Method for preventing fading or Corrosion of dishes while washing in an automatic dishwashing machine by adding a composition which is a water-soluble cationic or amphoteric polymer to the dishwasher. A method of preventing crockery corrosion according to claim 1 in an automatic Ge dishwasher by use of a formulation comprising: a) a water-soluble cationic or amphoteric polymer, wherein the cationic polymer comprises as a monomer unit, an ethylenically unsaturated compound as represented by formula I

wherein R ^{1 is} hydrogen, hydroxyl or a straight or branched C ₁ to C ₃₀ alkyl radical; R ^{2 is} hydrogen, a straight or branched C ₁ to C ₃₀ alkyl, a straight or branched C ₁ to C ₃₀ alkyl substituted aryl, aryl substituted straight or branched C ₁ to C ₃₀ alkyl radical or Polyoxyalkene condensate of an aliphatic radical; and R ^{3 represents} a heteroatom-containing alkyl or aromatic radical containing either one or more quaternary nitrogen atoms or one or more amine groups having a pK _a of about 6 or greater and a positive charge over one part the pH interval of pH 6 to 11, b) 1 to 90 weight percent of a builder.

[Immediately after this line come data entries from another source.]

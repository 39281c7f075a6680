//! Reading acks, read statuses and responses.

ghost use Rattle.std.specs.Prelude.{◌≡◌, ℕ, ◌≤◌, List, [], ◌++◌, length, take, All, Ok, Err, IfOk, IfErr};
ghost use Rattle.hd_base.specs.Results.{Gives, FailsFor};
ghost use Rattle.hd_base.specs.Wire.{IsStatus};
ghost use Rattle.hd_base.specs.declared.states.Status.{Status};
ghost use Rattle.ack_codec.specs.declared.acks.Ack.{Ack};
ghost use Rattle.ack_codec.specs.declared.faults.AckFault.{AckFault};
ghost use Rattle.ack_codec.specs.declared.faults.ResponseFault.{ResponseFault};
ghost use Rattle.ack_codec.specs.declared.responses.Response.{Response};
ghost use Rattle.ack_codec.specs.Acks.{SpellsAck, SpellsReadStatus, ack_at, read_status_at};
ghost use Rattle.ack_codec.specs.AckRefusals.{IsRefusedAck, IsRefusedReadStatus};
ghost use Rattle.ack_codec.specs.Responses.{SpellsResponse, response_at};
ghost use Rattle.ack_codec.specs.ResponseRefusals.{IsRefusedResponse};

use crate::acks::Ack;
use crate::faults::{AckFault, ResponseFault};
use crate::reading::{ack_of, read_status_of};
use crate::response_reading::response_of;
use crate::responses::Response;
use hd_base::Status;
use proto_fields::read_frame;
use std::alloc::Global;

/// Reads the ack at the front of the bytes, and how many bytes it has. A message has at most
/// 65,536 bytes, and an ack at most 16 replies. It takes no memory.
pub fn decode_ack(bytes: &[u8]) -> Result<(Ack, usize), AckFault>
    // What is read is spelled there, what is spelled there is read, whatever follows, and no
    // spelling is a proper prefix of another.
    ensures found { IfOk result (λ x. SpellsAck x.0 (take x.1 bytes.now)) }
    ensures within { IfOk result (λ x. x.1 ≤ length bytes.now) }
    ensures only { (ack : Ack) (text rest : List ℕ) → SpellsAck ack text → bytes.now ≡ text ++ rest
        → result ≡ Ok (ack, length text) }
    ensures prefix { (a b : Ack) (text more : List ℕ) → SpellsAck a text → SpellsAck b (text ++ more) → more ≡ [] }

    // The fault is the one that stands there, and the one that stands there comes.
    ensures refused { IfErr result (λ e. IsRefusedAck e bytes.now) }
    ensures refuses { (e : AckFault) → IsRefusedAck e bytes.now → result ≡ Err e }

    // No reply is an `Other` in place of a status that is listed.
    ensures listed { IfOk result (λ x. All IsStatus x.0.replies) }

    // The same as a function of the bytes.
    ensures exact { result ≡ ack_at bytes.now }
{
    framed_ack(bytes)
}

/// Reads the frame at the front and the ack in it.
#[tactic(auto, unfolding(proto_fields::specs::Framed::framed_at))]
fn framed_ack(bytes: &[u8]) -> Result<(Ack, usize), AckFault>
    ensures { result ≡ ack_at bytes.now }
{
    let (message, size) = read_frame(bytes)?;
    let ack = ack_of(message)?;
    Ok((ack, size))
}

/// Reads the status at the front of the bytes that a reader answers with (HDFS
/// `ClientReadStatusProto`), and how many bytes it has. A message has at most 65,536 bytes.
/// `Replies` never comes. It takes no memory.
pub fn decode_read_status(bytes: &[u8]) -> Result<(Status, usize), AckFault>
    // What is read is spelled there, what is spelled there is read, whatever follows, and no
    // spelling is a proper prefix of another.
    ensures found { IfOk result (λ x. SpellsReadStatus x.0 (take x.1 bytes.now)) }
    ensures within { IfOk result (λ x. x.1 ≤ length bytes.now) }
    ensures only { (status : Status) (text rest : List ℕ) → SpellsReadStatus status text → bytes.now ≡ text ++ rest
        → result ≡ Ok (status, length text) }
    ensures prefix { (a b : Status) (text more : List ℕ) → SpellsReadStatus a text → SpellsReadStatus b (text ++ more)
        → more ≡ [] }

    // The fault is the one that stands there, and the one that stands there comes.
    ensures refused { IfErr result (λ e. IsRefusedReadStatus e bytes.now) }
    ensures refuses { (e : AckFault) → IsRefusedReadStatus e bytes.now → result ≡ Err e }

    // The status is no `Other` in place of one that is listed.
    ensures listed { IfOk result (λ x. IsStatus x.0) }

    // The same as a function of the bytes.
    ensures exact { result ≡ read_status_at bytes.now }
{
    framed_read_status(bytes)
}

/// Reads the frame at the front and the status in it.
#[tactic(auto, unfolding(proto_fields::specs::Framed::framed_at))]
fn framed_read_status(bytes: &[u8]) -> Result<(Status, usize), AckFault>
    ensures { result ≡ read_status_at bytes.now }
{
    let (message, size) = read_frame(bytes)?;
    let status = read_status_of(message)?;
    Ok((status, size))
}

/// Reads the response at the front of the bytes, and how many bytes it has. A message has at most
/// 65,536 bytes.
pub fn decode_response(alloc: Global, bytes: &[u8]) -> Result<(Response, usize), ResponseFault>
    // What is read is spelled there, what is spelled there is read, whatever follows, and no
    // spelling is a proper prefix of another.
    ensures found { IfOk result (λ x. SpellsResponse x.0 (take x.1 bytes.now)) }
    ensures within { IfOk result (λ x. x.1 ≤ length bytes.now) }
    ensures only { (response : Response) (text rest : List ℕ) → SpellsResponse response text → bytes.now ≡ text ++ rest
        → Gives ResponseFault.Memory result (Ok (response, length text)) }
    ensures prefix { (a b : Response) (text more : List ℕ) → SpellsResponse a text → SpellsResponse b (text ++ more)
        → more ≡ [] }

    // The fault is the one that stands there, and the one that stands there comes, unless memory
    // runs out.
    ensures refused { IfErr result (λ e. FailsFor ResponseFault.Memory IsRefusedResponse e bytes.now) }
    ensures refuses { (e : ResponseFault) → IsRefusedResponse e bytes.now → Gives ResponseFault.Memory result (Err e) }

    // The status is no `Other` in place of one that is listed.
    ensures listed { IfOk result (λ x. IsStatus x.0.status) }

    // The same as a function of the bytes.
    ensures exact { Gives ResponseFault.Memory result (response_at bytes.now) }
{
    framed_response(alloc, bytes)
}

/// Reads the frame at the front and the response in it.
#[tactic(auto, unfolding(proto_fields::specs::Framed::framed_at))]
fn framed_response(alloc: Global, bytes: &[u8]) -> Result<(Response, usize), ResponseFault>
    ensures { Gives ResponseFault.Memory result (response_at bytes.now) }
{
    let (message, size) = read_frame(bytes)?;
    let response = response_of(alloc, message)?;
    Ok((response, size))
}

Method for preventing corrosion of dishes according to claim 1, wherein the polymer is in a proportion of 0.1 to 20 weight percent of the total composition is present. The method of claim 1, wherein the cationic Polymer at least one monomer unit with a cationic charge over a Part of the pH range of 6-11 having. A method according to any preceding claim, wherein the cationic or amphoteric polymer is selected from a group consisting from co-poly-2-vinylpyridine, co-poly-2-vinyl-N-alkyl quaternary pyridinium salt derivatives, Co-poly-4-vinylbenzyltrialkylammoniumsalzen, Co-poly-2-vinylpiperidine, co-poly-2-vinylpiperidinium salt; Co-poly-4-vinyl piperidine, Co-poly-4-vinylpiperidiniumsalz; Co-poly-3-alkyl-1-vinylimidazolium salts, Acrylamido and methacrylamido derivatives, co-poly-methacrylamidopropyltrimethylammonium salt, Acrylate and methacrylate derivatives and mixtures thereof. The method of claim 1, wherein the cationic Polymer selected is selected from the group consisting of copoly-vinylamine and copolyvinylammonium salt; Copolydiallyldimethylammonium, copolyethyleneimine, copoly-ethoxylated Ethyleneimine, copoly-quaternized ethoxylated ethyleneimine, co-poly [(dimethylimino) trimethylene (dimethylimino) hexamethylene di-salt], Co-poly [(diethylamino) trimethylene (dimethylimino) trimethylene d] and co-poly [(dimethylimino) -2-hydroxypropyl salt]. Use of a water-soluble cationic or amphoteric Polymer in a composition for addition to an automatic Dishwasher, to prevent fading or corrosion of dishes.